With a total of 1.43 million customers, the Asia-Pacific region was responsible for most of the net subscriber increase that Netflix saw during the quarter. The US-Canada area grew the slowest of all Netflix regions, generating just 100,000 net customers.
Engagement is Being Driven by the Growing Popularity of Shows
Netflix shocked investors in April when it reported its first sequential loss of subscribers in over a decade. It attributed the slowdown primarily to increased competition in the streaming industry, the effect of the Russia-Ukraine conflict, and people exchanging passwords. It claimed it would clamp down on shared passwords and launch a lower-cost ad-supported tier to entice new users, but those steps also indicated that it was running out of ways to get new members.
Netflix’s paid members increased again in the third quarter, thanks to popular programs like Monster: The Jeffrey Dahmer Story, The Gray Man, Extraordinary Attorney Woo, The Stranger Things and The Sandman. It forecasts its paid subscriber base to increase by 2% sequentially to 228 million in the fourth quarter.
|METRIC||Q3 2022||Q2 2022||Q1 2022||Q4 2021||Q3 2021|
|Paid Subscribers (Millions)||223.1||220.7||221.6||221.8||213.6|
Netflix accounted for 8.2% of watching in September and has more than double the monthly engagement of its nearest streaming competition. The bingeable release approach encourages significant participation, particularly for newer releases. This allows viewers to get immersed in their favourite tales. According to the Google Trends data, the option to see the whole Monster: The Jeffrey Dahmer Story aided in driving tremendous interest in the programme.

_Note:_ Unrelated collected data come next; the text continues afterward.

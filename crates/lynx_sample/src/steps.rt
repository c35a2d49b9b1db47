//! Deliveries, and what goes wrong between them.
use crate::choices::Choices;
use crate::courses::Course;
use crate::plan::{Plan, Wanted};
use lynx_entry::Event;
use lynx_names::{Memory, ServerId};
use std::alloc::Global;

impl Plan {
    /// The next hop of a chain whose turn it is: its message is delivered, or where its server
    /// holds it the server is woken. False where no chain owes a hop.
    pub(crate) fn advance(&mut self, alloc: Global, choices: &mut Choices) -> Result<bool, Memory> {
        let Some(course) = self.pick(choices, Wanted::Due) else {
            return Ok(false);
        };
        let event = match course.next_server(self.world.set()) {
            Some(server) if course.is_held && !choices.once_in(4) => Event::Wake { server },
            _ => delivery(&course),
        };
        self.play(alloc, event)?;
        Ok(true)
    }

    /// Something that brings no chain further, or a message that comes before its turn.
    pub(crate) fn stumble(&mut self, alloc: Global, choices: &mut Choices) -> Result<(), Memory> {
        let event = match choices.below(8) {
            0 | 1 => self.repeat(choices),
            2 | 3 | 4 => self
                .pick(choices, Wanted::Early)
                .map(|course| delivery(&course)),
            5 => self
                .pick(choices, Wanted::Owing)
                .map(|course| loss(&course)),
            6 => self
                .any_server(choices)
                .map(|server| Event::Wake { server }),
            _ => self
                .any_server(choices)
                .map(|server| Event::Restart { server }),
        };
        if let Some(event) = event {
            self.play(alloc, event)?;
        }
        Ok(())
    }

    /// A message whose hop is done comes again.
    fn repeat(&self, choices: &mut Choices) -> Option<Event> {
        let course = self.pick(choices, Wanted::Moved)?;
        let done = u64::from(course.next.saturating_sub(1));
        let hop = u8::try_from(choices.below(done)).ok()?;
        Some(Event::Deliver {
            chain: course.chain,
            hop: hop.saturating_add(1),
        })
    }

    fn any_server(&self, choices: &mut Choices) -> Option<ServerId> {
        let servers = self.world.set().servers();
        ServerId::among(servers, choices.below(u64::from(servers)))
    }
}

/// The message that the chain owes comes to its server.
fn delivery(course: &Course) -> Event {
    Event::Deliver {
        chain: course.chain,
        hop: course.next,
    }
}

/// The message that the chain owes is lost.
fn loss(course: &Course) -> Event {
    Event::Lost {
        chain: course.chain,
        hop: course.next,
    }
}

Good Cash Flow Performance And Debt Under Acceptable Limits
In the third quarter, net cash created by operational operations was $557 million, up from $82 million the previous year. FCF was $472 million in Q3 ’21, up from -$106 million the previous quarter. NFLX expects FCF of $1 billion or more for the full year 2022, plus or minus a few hundred million dollars, and significant growth in FCF in 2023. At the end of the quarter, the gross debt stood at $14 billion, well within the company’s target range of $10-$15 billion. Cash increased by $300 million year on year to $6.1 billion. After Q3’22, net debt was at $7.9 billion.

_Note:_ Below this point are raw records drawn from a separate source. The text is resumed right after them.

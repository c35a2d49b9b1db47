//! Those who call servers.
use crate::luck::Luck;
use lynx_entry::{Answer, Request};
use lynx_fixtures::made::{program, values};
use lynx_names::{ChainId, ClientId, Memory, ServerId, Stamp};
use lynx_weave::ToldItem;
use std::alloc::Global;

/// How many programs the set has, and how many of them bring an amount into it: the first ones.
pub const PROGRAMS: u64 = 11;

const BRINGING: u8 = 3;

/// What a caller asks: that program of some amount.
#[derive(Clone, Copy, Debug)]
struct Asked {
    number: u64,
    program: u8,
    amount: u64,
}

/// A client: what it asked last, and all that it was told.
#[derive(Debug, Drop)]
pub struct Caller {
    client: u64,
    asked: Asked,
    /// It doesn't know yet what became of what it asked last.
    is_waiting: bool,
    greatest: Stamp,
    told: Vec<ToldItem>,
    begun: usize,
    brought: u64,
}

/// The later of two stamps.
fn later(left: Stamp, right: Stamp) -> Stamp {
    if left < right { right } else { left }
}

/// The stamp of what a server did for it, or had done. None where it did nothing.
fn stamp_of(answer: &Answer) -> Option<Stamp> {
    match answer {
        Answer::Begun { stamp, .. } | Answer::Refused { stamp, .. } => Some(*stamp),
        _ => None,
    }
}

impl Caller {
    /// A caller that asked nothing.
    pub fn new(alloc: Global, client: u64) -> Caller {
        Caller {
            client,
            asked: Asked {
                number: 0,
                program: 0,
                amount: 0,
            },
            is_waiting: false,
            greatest: Stamp::zero(),
            told: Vec::new(alloc),
            begun: 0,
            brought: 0,
        }
    }

    pub fn is_waiting(&self) -> bool {
        self.is_waiting
    }

    /// The greatest stamp that it was told.
    pub fn greatest(&self) -> Stamp {
        self.greatest
    }

    /// How many of its requests began a chain.
    pub fn begun(&self) -> usize {
        self.begun
    }

    /// How much those brought into the set.
    pub fn brought(&self) -> u64 {
        self.brought
    }

    pub fn into_told(self) -> Vec<ToldItem> {
        self.told
    }

    /// Chooses what to ask next: the same again, or something else where it knows what became of
    /// that.
    pub fn choose(&mut self, luck: &mut Luck) {
        if self.is_waiting || (self.asked.number > 0 && luck.once_in(6)) {
            return;
        }
        let program = u8::try_from(luck.below(PROGRAMS)).unwrap_or(0);
        let amount = if program < BRINGING {
            luck.below(100)
        } else {
            luck.below(30)
        };
        self.asked = Asked {
            number: self.asked.number.saturating_add(1),
            program,
            amount,
        };
        self.is_waiting = true;
    }

    /// What it asks.
    pub fn request(&self, alloc: Global) -> Result<Request, Memory> {
        Ok(Request {
            client: ClientId::new(self.client),
            number: self.asked.number,
            program: program(self.asked.program)?,
            args: values(alloc, &[self.asked.amount])?,
        })
    }

    /// Counts what it asked, once it knows what became of it.
    fn count(&mut self, answer: &Answer) {
        if !self.is_waiting {
            return;
        }
        self.is_waiting = false;
        if matches!(answer, Answer::Begun { .. }) {
            self.begun = self.begun.saturating_add(1);
            if self.asked.program < BRINGING {
                self.brought = self.brought.saturating_add(self.asked.amount);
            }
        }
    }

    /// Notes what the server answered, unless it did nothing.
    pub fn hear(&mut self, alloc: Global, server: ServerId, answer: Answer) -> Result<(), Memory> {
        let Some(stamp) = stamp_of(&answer) else {
            return Ok(());
        };
        self.count(&answer);
        self.greatest = later(self.greatest, stamp);
        let request = self.request(alloc)?;
        self.told.push(ToldItem::Answered {
            server,
            request,
            answer,
        })?;
        Ok(())
    }

    /// Notes what it saw of a hop at the server.
    pub fn see(
        &mut self,
        alloc: Global,
        server: ServerId,
        chain: &ChainId,
        hop: u8,
        seen: (Stamp, &[u64]),
    ) -> Result<(), Memory> {
        let (stamp, results) = seen;
        self.greatest = later(self.greatest, stamp);
        let results = values(alloc, results)?;
        self.told.push(ToldItem::Seen {
            server,
            chain: *chain,
            hop,
            stamp,
            results,
        })?;
        Ok(())
    }
}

Margins are Still Contracting, And Valuations are Arguably High
Netflix’s operating margin of 19.3% in the third quarter was above its own expectation of 16%, but it still fell sequentially and year over year. It attributed most of its year-over-year drop to the strengthening of the US dollar, which is expected to continue as interest rates increase. It anticipates that this pressure and infrastructure expenditures connected to its new ad-supported tier would drop its operating margin to only 4.2% in the fourth quarter. It also anticipates a 73% drop in profits per share year over year.
|METRIC||Q3 2022||Q2 2022||Q1 2022||Q4 2021||Q3 2021|
|Free Cash Flow (Millions)||$472||$13||$802||($569)||($106)|
|EPS Growth (YOY)||(3%)||8%||(6%)||12%||83%|
Netflix could not offer an accurate fourth-quarter projection for its free cash flow (FCF), which varies greatly depending on new content development. However, it plans to earn around $1 billion in FCF for the whole year, implying that its FCF would likely turn negative again in the fourth quarter (after generating $1.3 billion in FCF in the first nine months).

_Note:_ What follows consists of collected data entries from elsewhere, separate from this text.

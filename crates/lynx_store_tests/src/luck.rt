//! Pseudo-random numbers.

/// The same numbers for the same start, which isn't 0.
#[derive(Debug, Drop)]
pub struct Luck {
    state: u64,
}

impl Luck {
    pub fn new(start: u64) -> Luck {
        Luck { state: start }
    }

    fn next(&mut self) -> u64 {
        self.state ^= self.state << 13;
        self.state ^= self.state >> 7;
        self.state ^= self.state << 17;
        self.state >> 11
    }

    /// A number below the bound, 0 where there is none.
    pub fn below(&mut self, bound: u64) -> u64 {
        let number = self.next();
        if bound == 0 { 0 } else { number % bound }
    }

    /// Whether it comes so, once in so many times.
    pub fn once_in(&mut self, times: u64) -> bool {
        self.below(times) == 0
    }

    /// The number of one of so many servers.
    pub fn server(&mut self, servers: usize) -> usize {
        self.below(servers as u64) as usize
    }
}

Netflix’s profitability is expected to drop by 10%, even though analysts forecast a 7% increase in sales for the company this year. Assuming it continues to gain new members and increase its ad-supported tier, they estimate 8% and 6% growth in revenue and profitability, respectively, over the next year.
According to those forecasts, Netflix trades at a price 21 times predicted earnings, which is historically low but not even close to being a good deal compared to traditional media corporations. For instance, the market value of Disney shares is equivalent to 18 times future profits. Still, the market value of Paramount Global shares is equivalent to an even lower 11 times forward earnings.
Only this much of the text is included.